*TASK INSTRUCTIONS*. In the entries below, count every line containing "high". Reply with the number alone.

*AVAILABLE RECORDS*.
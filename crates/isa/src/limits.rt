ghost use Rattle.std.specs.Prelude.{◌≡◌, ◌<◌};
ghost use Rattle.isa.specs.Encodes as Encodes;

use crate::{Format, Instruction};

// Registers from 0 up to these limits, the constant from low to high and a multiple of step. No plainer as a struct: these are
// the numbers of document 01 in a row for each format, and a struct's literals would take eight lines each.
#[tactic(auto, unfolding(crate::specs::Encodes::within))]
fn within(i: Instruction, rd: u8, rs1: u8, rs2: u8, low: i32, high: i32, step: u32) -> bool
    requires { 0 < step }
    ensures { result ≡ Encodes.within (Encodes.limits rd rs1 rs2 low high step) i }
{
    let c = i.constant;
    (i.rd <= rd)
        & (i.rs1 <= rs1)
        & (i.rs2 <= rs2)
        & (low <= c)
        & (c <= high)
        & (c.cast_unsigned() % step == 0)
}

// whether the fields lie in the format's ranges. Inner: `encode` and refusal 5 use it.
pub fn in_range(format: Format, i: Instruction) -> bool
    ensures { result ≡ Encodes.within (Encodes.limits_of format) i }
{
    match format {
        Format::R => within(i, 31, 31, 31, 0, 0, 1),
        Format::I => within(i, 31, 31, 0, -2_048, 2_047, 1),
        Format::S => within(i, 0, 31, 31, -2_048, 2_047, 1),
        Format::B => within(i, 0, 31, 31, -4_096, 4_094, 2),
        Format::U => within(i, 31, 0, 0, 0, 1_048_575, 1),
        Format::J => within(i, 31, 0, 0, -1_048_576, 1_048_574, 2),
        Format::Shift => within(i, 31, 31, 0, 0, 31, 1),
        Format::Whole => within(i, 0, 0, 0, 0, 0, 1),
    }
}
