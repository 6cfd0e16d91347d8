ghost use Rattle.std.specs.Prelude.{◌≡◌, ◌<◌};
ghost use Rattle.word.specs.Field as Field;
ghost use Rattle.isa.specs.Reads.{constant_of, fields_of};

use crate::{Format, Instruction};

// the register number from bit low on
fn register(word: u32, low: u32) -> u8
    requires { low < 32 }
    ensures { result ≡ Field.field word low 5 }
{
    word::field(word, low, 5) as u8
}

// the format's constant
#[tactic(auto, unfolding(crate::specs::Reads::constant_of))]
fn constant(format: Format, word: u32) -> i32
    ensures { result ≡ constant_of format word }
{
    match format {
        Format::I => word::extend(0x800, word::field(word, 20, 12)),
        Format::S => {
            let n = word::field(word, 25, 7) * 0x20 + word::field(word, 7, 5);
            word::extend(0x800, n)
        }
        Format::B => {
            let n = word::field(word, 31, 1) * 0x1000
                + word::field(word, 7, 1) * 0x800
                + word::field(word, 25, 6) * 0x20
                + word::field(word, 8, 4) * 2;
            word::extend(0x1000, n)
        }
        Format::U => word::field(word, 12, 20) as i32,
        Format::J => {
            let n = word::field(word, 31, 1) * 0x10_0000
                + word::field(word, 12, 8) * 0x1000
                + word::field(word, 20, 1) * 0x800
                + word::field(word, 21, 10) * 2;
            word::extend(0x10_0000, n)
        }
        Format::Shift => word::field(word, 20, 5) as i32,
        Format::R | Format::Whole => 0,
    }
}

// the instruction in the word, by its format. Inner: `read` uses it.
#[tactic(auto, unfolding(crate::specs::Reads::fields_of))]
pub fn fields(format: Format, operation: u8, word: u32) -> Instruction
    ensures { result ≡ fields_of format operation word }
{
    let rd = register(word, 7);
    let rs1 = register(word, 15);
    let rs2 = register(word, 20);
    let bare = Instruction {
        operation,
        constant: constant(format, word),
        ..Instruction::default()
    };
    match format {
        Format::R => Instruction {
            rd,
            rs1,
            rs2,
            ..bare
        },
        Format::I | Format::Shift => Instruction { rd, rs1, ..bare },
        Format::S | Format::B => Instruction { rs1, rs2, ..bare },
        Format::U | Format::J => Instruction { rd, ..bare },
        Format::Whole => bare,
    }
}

*EXPECTED ANSWER*. 4